En su texto, desmiente que dijera jamás que "los derechos humanos son una cojudez" (palabrota peruana equivalente a la española gilipollez) y afirma que, en realidad, a quien aplicó tal grosería fue sólo a la Coordinadora de Derechos Humanos, una institución dirigida por una ex religiosa española, Pilar Coll, que durante los años de las grandes matanzas perpetradas por la dictadura fujimorista llevó a cabo una admirable campaña de denuncia de los crímenes, torturas y desapariciones que se cometían con el pretexto de la lucha contra Sendero Luminoso. (La Comisión de la Verdad, que presidió el ex rector de la Pontificia Universidad Católica del Perú, Salomón Lerner, ha documentado estas atrocidades).
El cardenal Cipriani desmiente, además, que durante la dictadura hubiera guardado silencio frente a uno de los crímenes colectivos más abyectos cometidos por Fujimori y sus cómplices: la esterilización, mediante engaños, de unas 300.000 campesinas a las que, por orden del dictador, los equipos del Ministerio de Salud ligaron las trompas o castraron, asegurándoles que se trataba de simples vacunas o de una medida que sólo temporalmente les impediría concebir. ¿Cómo es que nadie se enteró en el Perú de que el arzobispo había encontrado reprobables estos atropellos? Porque en vez de protestar públicamente ¡se limitó a hacerlo en privado, es decir, susurrando con discreción su protesta en el pabellón de la oreja del dictador!
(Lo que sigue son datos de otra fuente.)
//! What is kept of the moments of a timeline: the boxes that its states have, the newest ids by moments, and the marks. Also the
//! way back and forth by several moments.
#![tactic(auto)]

mod boxes;
mod going;
mod ids;
mod marks;

pub use boxes::{advance, fold, keep_only, note_moment};
pub use going::{go_back, go_forth};
pub use ids::{Ids, LastIds};
pub use journal_timeline::{AgainFault, LineStage, OfName, Timeline, World};
pub use marks::Marks;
El cardenal no suele ser tan discreto cuando se trata de protestar contra los preservativos y no se diga el aborto, o, para el caso, contra quienes en esta segunda vuelta de las elecciones peruanas apoyamos a Ollanta Humala. Por ejemplo, por haberlo hecho yo, me ha amonestado de manera estentórea y nada menos que desde el púlpito de la catedral de Lima, durante un oficio. Me ha pedido "más seriedad" y ha clamado que cómo me atrevo a dar consejos por quién votar a los peruanos. El cardenal está nervioso y olvida que todavía hay libertad en el Perú y que cualquier ciudadano puede opinar sobre política sin pedirle permiso a él ni a nadie. (Claro que las cosas cambiarán si sale elegida la señora Fujimori, la candidata a la que él bendecía en aquel mismo oficio en el que me prohibía opinar).
No sólo el arzobispo de Lima se excede en estos días de campaña y guerra sucia en el Perú. Una connotada fujimorista, también del Opus Dei, como monseñor Cipriani, Martha Chávez, ha amenazado públicamente al presidente del Poder Judicial, el doctor César San Martín, eminente jurista que presidió el Tribunal que condenó a 25 años de cárcel a Fujimori por crímenes contra los derechos humanos, con esta frase profética: "Tendrá que responder en su momento".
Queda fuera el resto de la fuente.